Lab Uses Pet DNA to Track Down Killers, Solve Cold Cases

Animal cruelty, dog-fighting, horse-dumping. These are cases in which animal evidence is key to solving the crime. But it can be a valuable tool for investigators who are trying to solve crimes against people as well.

The lab that's at the cutting edge of veterinary genetics is just about an hour from the Bay Area. NBC Bay Area's Kris Sanchez takes us there and shows us how pets have already helped crack some California cases.

Man’s best friend… unless that man is a criminal. Then “Fido” could be his undoing. Dog hair, saliva, even a little bit of No. 1 or No. 2 could link a criminal to a crime scene.

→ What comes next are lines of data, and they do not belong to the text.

//! The bodies of a program's functions.
ghost use Rattle.std.specs.Prelude.{◌≡◌, [], IfOk, IfErr, length};
ghost use Rattle.stab_parse.specs.FormList.{functions_of, nodes_of_program};
ghost use Rattle.stab_parse.specs.Grammar.{Program};
ghost use Rattle.scope_check.specs.Made.{AreFunctionsMade, IsFunctionFault, IsFunctionMade};
ghost use Rattle.scope_check.specs.Progress.{HaveTexts, IsFaultOf, IsWithin, texts_of};
ghost use Rattle.scope_check.specs.Scope.{functions_scoped};

use crate::fault::ScopeFault;
use crate::plan::Plan;
use crate::progress::Progress;
use crate::types::{type_of, types_of};
use stab_code::{Function as CodeFunction, NodeId};
use stab_parse::Function;

impl<'a> Plan<'a> {
    /// Makes the heads of a function's body, and gives the function.
    fn function(
        &self,
        progress: &mut Progress,
        function: &Function,
    ) -> Result<CodeFunction, ScopeFault>
        requires texts { HaveTexts self.now.bytes.now self.now.forms.now }
        requires within { IsWithin (length self.now.forms.now) function.now }
        ensures ok { IfOk result (λ made. IsFunctionMade self.now.bytes.now self.now.functions.now self.now.forms.now function.now
            progress.old progress.new made) }
        ensures fault { IfErr result (IsFunctionFault self.now.bytes.now self.now.functions.now self.now.forms.now function.now progress.old) }
    {
        let params = function.params.all();
        let arity = params.len() as u32;
        progress.begin(params)?;
        let body = function.forms_end - 1;
        self.form(progress, arity, body)?;
        let takes = types_of(self.alloc, params)?;
        let gives = type_of(self.alloc, &function.gives)?;
        let slots = arity + progress.lets as u32;
        Ok(CodeFunction::new(takes, gives, slots, NodeId(body as u32)))
    }

    /// Makes the heads of all bodies, and gives the functions.
    pub(crate) fn functions(&self, progress: &mut Progress) -> Result<Vec<CodeFunction>, ScopeFault>
        requires texts { HaveTexts self.now.bytes.now self.now.forms.now }
        requires none_made { progress.old.heads.items ≡ [] }
        requires none { texts_of progress.old ≡ [] }
        ensures ok { IfOk result (λ made. (p : Program) → functions_of p ≡ self.now.functions.now → nodes_of_program p ≡ self.now.forms.now
            → AreFunctionsMade self.now.bytes.now self.now.functions.now self.now.forms.now p progress.new made.items) }
        ensures fault { IfErr result (λ fault. (p : Program) → functions_of p ≡ self.now.functions.now
            → nodes_of_program p ≡ self.now.forms.now
            → IsFaultOf (functions_scoped self.now.bytes.now self.now.functions.now p) fault) }
    {
        let mut functions = Vec::new(self.alloc);
        for function in self.functions {
            functions.push(self.function(progress, function)?)?;
        }
        Ok(functions)
    }
}
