//! Types of a syntax, as types of a program.
ghost use Rattle.std.specs.Prelude.{◌≡◌, map, IfOk, IfErr};
ghost use Rattle.stab_code.specs.WrittenType.{written_by};

use crate::fault::ScopeFault;
use stab_code::{Ty, TyForm};
use stab_parse::{Param, ParsedType};
use std::alloc::Global;

/// A type of the syntax.
#[inline(never)]
pub(crate) fn type_of(alloc: Global, ty: &ParsedType) -> Result<Ty, ScopeFault>
    ensures ty { IfOk result (λ copy. copy ≡ ty.now) }
    ensures fault { IfErr result (λ fault. fault ≡ ScopeFault.NoMemory) }
{
    let form = copied(alloc, ty.form())?;
    Ok(Ty::new(alloc, form)?)
}

fn copied(alloc: Global, form: &TyForm) -> Result<TyForm, ScopeFault>
    ensures form { IfOk result (λ copy. written_by copy ≡ written_by form.now) }
    ensures fault { IfErr result (λ fault. fault ≡ ScopeFault.NoMemory) }
{
    match form {
        TyForm::Unit => Ok(TyForm::Unit),
        TyForm::Bool => Ok(TyForm::Bool),
        TyForm::Int => Ok(TyForm::Int),
        TyForm::Text => Ok(TyForm::Text),
        TyForm::Chan(inner) => Ok(TyForm::Chan(Box::new(alloc, copied(alloc, inner)?)?)),
        TyForm::Ref(inner) => Ok(TyForm::Ref(Box::new(alloc, copied(alloc, inner)?)?)),
        TyForm::Pair(left, right) => {
            let left = Box::new(alloc, copied(alloc, left)?)?;
            let right = Box::new(alloc, copied(alloc, right)?)?;
            Ok(TyForm::Pair(left, right))
        }
    }
}

/// The types of parameters, in their order.
pub(crate) fn types_of(alloc: Global, params: &[Param]) -> Result<Vec<Ty>, ScopeFault>
    ensures types { IfOk result (λ types. types.items ≡ map (λ param. param.ty) params.now) }
    ensures fault { IfErr result (λ fault. fault ≡ ScopeFault.NoMemory) }
{
    let mut types = Vec::new(alloc);
    for param in params {
        types.push(type_of(alloc, &param.ty)?)?;
    }
    Ok(types)
}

“We’ve tested everything,” said Elizabeth Wictum, director of the UC Davis Veterinary Genetics Laboratory. “Investigators will call and say, ‘Bet you’ve never seen this,’ and it’s like, ‘Yeah, we have.’”

Inside a set of unassuming trailers on a country road, Wictum’s forensic unit is the only one accredited to do DNA testing on cats and dogs. Because of stringent standards, Wictum has been called to testify in more than two dozen criminal cases, like that of 23-year old Dane Williams, who was drugged and killed. His body was found dumped in a San Diego alley wrapped in a blanket in 2008.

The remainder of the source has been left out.